The more interesting aspect is what constitutes "support";
the windows guys perspective they wax lyrical about group
policies, imaging systems etc. etc. ... which leads me to
ask whether any of this body have any useful experience in
"managing" such machines. I'm open to pointers to useful
resources, but I'm particularly interested in anyone who is
actually "doing" this at some level.


My experience is very old in this regard, but when I was at BBN, we were one of the 10 largest Mac sites in the world, right after NASA if I recall. Of course that was in the days of OS8, before Macs became Unix inside. Our IT folks seemed to manage them just fine.

Current Macs come through with support for active directory, sharepoint, exchange, windows file sharing, all that stuff. If you're running a mixed windows/linux environment, they fit in just fine (maybe easier than the linux boxes).

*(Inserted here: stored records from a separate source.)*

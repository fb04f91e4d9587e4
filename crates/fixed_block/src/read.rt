// Reading a fixed block: questions 64, 65, 18 and 19, then its content.
ghost use Rattle.std.specs.Prelude.{◌≡◌};
ghost use Rattle.bits.specs.Calls.{called};
ghost use Rattle.fixed_block.specs.Block.{read_call};
ghost use Rattle.fixed_block.specs.Answers.{read};

use crate::check::has_check;
use crate::lengths::{check_length, limit};
use crate::{FixedReadRefusal, Polynomial};

// The content of a block. The answer is its length.
pub fn read_fixed(
    polynomial: Polynomial,
    block: &[u8],
    out: &mut [u8],
) -> Result<usize, FixedReadRefusal>
    ensures { called (read result) out.new ≡ read_call polynomial block.now out.old }
{
    let k = check_length(polynomial);
    if block.len() <= k {
        return Err(FixedReadRefusal::NoContent);
    }
    if limit(polynomial) < block.len() {
        return Err(FixedReadRefusal::TooLong);
    }
    if !has_check(polynomial, block) {
        return Err(FixedReadRefusal::WrongCheck);
    }
    let n = block.len() - k;
    if out.len() < n {
        return Err(FixedReadRefusal::OutputShort(n));
    }
    out[..n].copy_from_slice(&block[..n]);
    Ok(n)
}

For what it's worth, you might consider asking the tech folks at your local university or school district - Apple has a LOT of tools for locking down and managing machines in the educational environment (to my wife's chagrin, she's a teacher). I expect your local Apple enterprise sales account rep., or the small business rep. at a local Apple store could point you at both tools and at folks who are managing Macs.

Also, not sure why, but I came across this the other day, but I came across this: http://projects.puppetlabs.com/projects/1/wiki/Puppet_Mac_Osx - seems like at least one configuration management engine has a Mac client.



--
In theory, there is no difference between theory and practice.